本の愉しみ、書棚の悩み

アン・ファイドマン『本の愉しみ、書棚の悩み』。
「本が多くて困ったわ〜」って言いながら全然困ってないでしょ!というエッセイ(笑)。アメリカの人気ドラマにこの筆者のような人が出てきそうです。ここには、日本ではなかなかお目にかかれない豊かさが存分にあるのでした。両親が作家で子どもの頃から本で遊んで、いっぱい本を楽しんで、好きになる男の子は必ず知的なハンサムスポーツマン(できすぎ…)。ペーパーバックの書き込みを見れば自分の初体験の年齢も思い出せてしまう。現在は理想通りの男性と結婚、夫も作家で読書が大好きで、ちょっととぼけたところもある超萌えキャラである。この本を映画化するなら俳優さんのセレクトに一番力を入れてほしいところ。人間の結婚から5年後、2人の蔵書もゆっくりと「結婚」する。一緒に本棚を一つにする喜び。この可愛い描写だけで本書はすばらしい。誰にでもある「純粋な趣味の本棚」、妻は探検のノンフィクションをいっぱいおさめていて、その引用もとても面白い。読書仲間との軽妙なやり取り、情報交換、本のプレゼント、ベッドでホメロスを朗読し合いながらうっとりと眠りに落ちる夜。両親同様、やっぱり本が大好きになりそうな2人のキュートな子どもたち。


どーなのよ!もうどーなのよ!!(照れ)


「楽しみのために本を読む」こと、それは人生そのものを楽しむことなのだと実感します。時に大笑いし、時にはくだらない悪徳に逃避し、ぽつねんとたたずみ、鋭い皮肉を飛ばし、いとおしむ。さらにジャーナリストとして本の書き手の権利を考え、活動する。本という存在を仕事にし、生活にする。
反感を抱いたかのような感想になってしまってますが、全然そうじゃないんですよー。
いい本が読まれているのか、この人たちに読まれるから本がいい本になるのか。だって、こんな文章を読んで、ここに書かれている意見に賛同するしないとは別に、しみじみとわき上がる幸福を感じない人はいないでしょう。ああ、本が愛されているんだなあという圧倒的な幸福を。

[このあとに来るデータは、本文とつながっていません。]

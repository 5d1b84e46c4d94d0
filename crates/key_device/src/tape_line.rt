// The line of a tape file that says an exchange.
ghost use Rattle.std.specs.Prelude.{◌≡◌, ℕ, List, IfOk, map};
ghost use Rattle.std.specs.Borrow.{Bor};
ghost use Rattle.key_device.specs.TapeLine.{point_of, has_form, made_of, three_of, five_of, six_of, seven_of, told_of_agree, told_of_sign, told_of_verify, sign_of, agree_of, verify_of, exchange_of, line_exchange};

use crate::tape_words::{between_spaces, bytes_of, is_text, message_of, number_of};
use crate::{Ask, Exchange, Made, Point, Told};
use mdoc_outside::Memory;
use std::alloc::Global;

fn point_of(x: &[u8], y: &[u8]) -> Option<Point>
    ensures { result ≡ point_of x.now y.now }
{
    let x = bytes_of(x)?;
    let y = bytes_of(y)?;
    Some(Point { x, y })
}

// Whether a word is that text, and another the arrow before what was told.
fn has_form(kind: &[u8], text: &[u8], arrow: &[u8]) -> bool
    ensures { result ≡ has_form kind.now text.now arrow.now }
{
    is_text(kind, text) && is_text(arrow, b"->")
}

fn made_of(key: &[u8], x: &[u8], y: &[u8]) -> Option<Made>
    ensures { result ≡ made_of key.now x.now y.now }
{
    let key = number_of(key)?;
    let public = point_of(x, y)?;
    Some(Made { key, public })
}

fn told_of_agree(word: &[u8]) -> Option<Told>
    ensures { result ≡ told_of_agree word.now }
{
    if is_text(word, b"failed") {
        return Some(Told::Failed);
    }
    if is_text(word, b"refused") {
        return Some(Told::Refused);
    }
    Some(Told::Secret(bytes_of(word)?))
}

fn told_of_sign(word: &[u8]) -> Option<Told>
    ensures { result ≡ told_of_sign word.now }
{
    if is_text(word, b"failed") {
        return Some(Told::Failed);
    }
    Some(Told::Signature(bytes_of(word)?))
}

fn told_of_verify(word: &[u8]) -> Option<Told>
    ensures { result ≡ told_of_verify word.now }
{
    if is_text(word, b"yes") {
        Some(Told::Yes)
    } else if is_text(word, b"no") {
        Some(Told::No)
    } else if is_text(word, b"failed") {
        Some(Told::Failed)
    } else {
        None
    }
}

fn sign_of(
    alloc: Global,
    key: &[u8],
    message: &[u8],
    word: &[u8],
) -> Result<Option<Exchange>, Memory>
    ensures { IfOk result (λ e. e ≡ sign_of key.now message.now word.now) }
{
    let Some(key) = number_of(key) else {
        return Ok(None);
    };
    let Some(message) = message_of(alloc, message)? else {
        return Ok(None);
    };
    let Some(told) = told_of_sign(word) else {
        return Ok(None);
    };
    Ok(Some(Exchange {
        ask: Ask::Sign(key, message),
        told,
    }))
}

fn agree_of(key: &[u8], x: &[u8], y: &[u8], word: &[u8]) -> Option<Exchange>
    ensures { result ≡ agree_of key.now x.now y.now word.now }
{
    let key = number_of(key)?;
    let peer = point_of(x, y)?;
    let told = told_of_agree(word)?;
    Some(Exchange {
        ask: Ask::Agree(key, peer),
        told,
    })
}

// What a line says of a signature: X Y MESSAGE SIGNATURE, and what was told.
#[derive(Clone, Copy)]
struct VerifyWords<'a> {
    x: &'a [u8],
    y: &'a [u8],
    message: &'a [u8],
    signature: &'a [u8],
    word: &'a [u8],
}

fn verify_of(alloc: Global, words: &VerifyWords<'_>) -> Result<Option<Exchange>, Memory>
    ensures { IfOk result (λ e. e ≡ verify_of words.now.x.now words.now.y.now
        words.now.message.now words.now.signature.now words.now.word.now) }
{
    let Some(public) = point_of(words.x, words.y) else {
        return Ok(None);
    };
    let Some(message) = message_of(alloc, words.message)? else {
        return Ok(None);
    };
    let Some(signature) = bytes_of(words.signature) else {
        return Ok(None);
    };
    let Some(told) = told_of_verify(words.word) else {
        return Ok(None);
    };
    Ok(Some(Exchange {
        ask: Ask::Verify(public, message, signature),
        told,
    }))
}

// Three words: no key was made.
fn three_of(kind: &[u8], arrow: &[u8], word: &[u8]) -> Option<Exchange>
    ensures { result ≡ three_of kind.now arrow.now word.now }
{
    if !has_form(kind, b"fresh", arrow) {
        return None;
    }
    if !is_text(word, b"failed") {
        return None;
    }
    Some(Exchange {
        ask: Ask::Fresh,
        told: Told::Failed,
    })
}

// Five words: a key that was made, or what was told of a signature.
fn five_of(
    alloc: Global,
    kind: &[u8],
    one: &[u8],
    two: &[u8],
    three: &[u8],
    four: &[u8],
) -> Result<Option<Exchange>, Memory>
    ensures { IfOk result (λ e. e ≡ five_of kind.now one.now two.now three.now four.now) }
{
    if has_form(kind, b"fresh", one) {
        let Some(made) = made_of(two, three, four) else {
            return Ok(None);
        };
        return Ok(Some(Exchange {
            ask: Ask::Fresh,
            told: Told::Made(made),
        }));
    }
    if has_form(kind, b"sign", three) {
        return sign_of(alloc, one, two, four);
    }
    Ok(None)
}

// Six words: what was told of a secret.
fn six_of(
    kind: &[u8],
    key: &[u8],
    x: &[u8],
    y: &[u8],
    arrow: &[u8],
    word: &[u8],
) -> Option<Exchange>
    ensures { result ≡ six_of kind.now key.now x.now y.now arrow.now word.now }
{
    if has_form(kind, b"agree", arrow) {
        agree_of(key, x, y, word)
    } else {
        None
    }
}

// Seven words: what was told of another's signature.
fn seven_of(
    alloc: Global,
    kind: &[u8],
    arrow: &[u8],
    words: &VerifyWords<'_>,
) -> Result<Option<Exchange>, Memory>
    ensures { IfOk result (λ e. e ≡ seven_of kind.now words.now.x.now words.now.y.now
        words.now.message.now words.now.signature.now arrow.now words.now.word.now) }
{
    if has_form(kind, b"verify", arrow) {
        verify_of(alloc, words)
    } else {
        Ok(None)
    }
}

// The exchange that the words say.
#[tactic(auto, using(crate::proofs::TapeLineLemmas::none_of_few, crate::proofs::TapeLineLemmas::none_of_four, crate::proofs::TapeLineLemmas::none_of_many), unfolding(crate::specs::TapeLine::exchange_of))]
fn exchange_of(alloc: Global, words: &[&[u8]]) -> Result<Option<Exchange>, Memory>
    ensures { IfOk result (λ e. e ≡ exchange_of (map (λ (word : Bor (List ℕ)). word.now) words.now)) }
{
    match words {
        [kind, arrow, word] => Ok(three_of(kind, arrow, word)),
        [kind, one, two, three, four] => five_of(alloc, kind, one, two, three, four),
        [kind, key, x, y, arrow, word] => Ok(six_of(kind, key, x, y, arrow, word)),
        [kind, x, y, message, signature, arrow, word] => {
            let words = VerifyWords {
                x,
                y,
                message,
                signature,
                word,
            };
            seven_of(alloc, kind, arrow, &words)
        }
        _ => Ok(None),
    }
}

/// The exchange that a line says, without its line feed.
pub(crate) fn line_exchange(alloc: Global, line: &[u8]) -> Result<Option<Exchange>, Memory>
    ensures { IfOk result (λ e. e ≡ line_exchange line.now) }
{
    let words = between_spaces(alloc, line)?;
    exchange_of(alloc, &words)
}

「もちぬしのいない本など、おもしろくもないと思うようになった」と彼は言った。
「本屋にあるのはそういう本ばかりだよね。1990年に歴史家のジョン・クライヴが亡くなったとき、彼の蔵書をまとめて店へ運ぶために、彼のアパートへ行った。そのとき痛切にそれを感じたよ。その年、大英帝国についてのクライヴの授業を一学期間受けた。でも彼は地味な人で、親しみを感じるところまではいかなかった。ジェイムズ・ボンドのペーパーバックが19世紀の議事に関する本のとなりにならんでいる本棚を見てはじめて、クライヴという人がすこしわかったような気がした。彼がもっていた本のほうが、講義よりも雄弁にその人柄を物語っていた。
 それらの本を店にもち帰って、主題別に分けた。歴史は左の壁、文学は右、哲学は奥の小部屋というぐあいに。するととたんに、本はもはやジョン・クライヴではなくなった。蔵書をばらばらにするのは、遺体を火葬にして遺灰を風でまきちらすようなものだった。とても悲しかったね。それで気づいたんだ。本は、ある人がもっている他の本と共存するところに価値がある。それだけとりだすと、意味を失ってしまう。
 その日仕事が終わって店をでるとき、クライヴの蔵書のうちの一冊が、歩道においてある50セント均一の本のカートにのっているのに気づいた。店主がそこにおいたらしい。エドワード時代の小型のシェイクスピア本で、不細工な書体にけばけばしい色の図版がついている。表紙をめくると、十代か二十代のはじめごろのものとおぼしき丸みをおびた幼稚な字で、クライヴの名前と『あらし』のなかのつぎのようなせりふが記されている。『我らは夢と同じ糸で織られているのだ。ささやかな一生は眠りによってその環を閉じる』」
 その本をどうしたの、とアダムにたずねた。
「買ったよ」と、彼は答えた。「そして家へもって帰った」

感じのいい装丁はクラフトエヴィング商會です。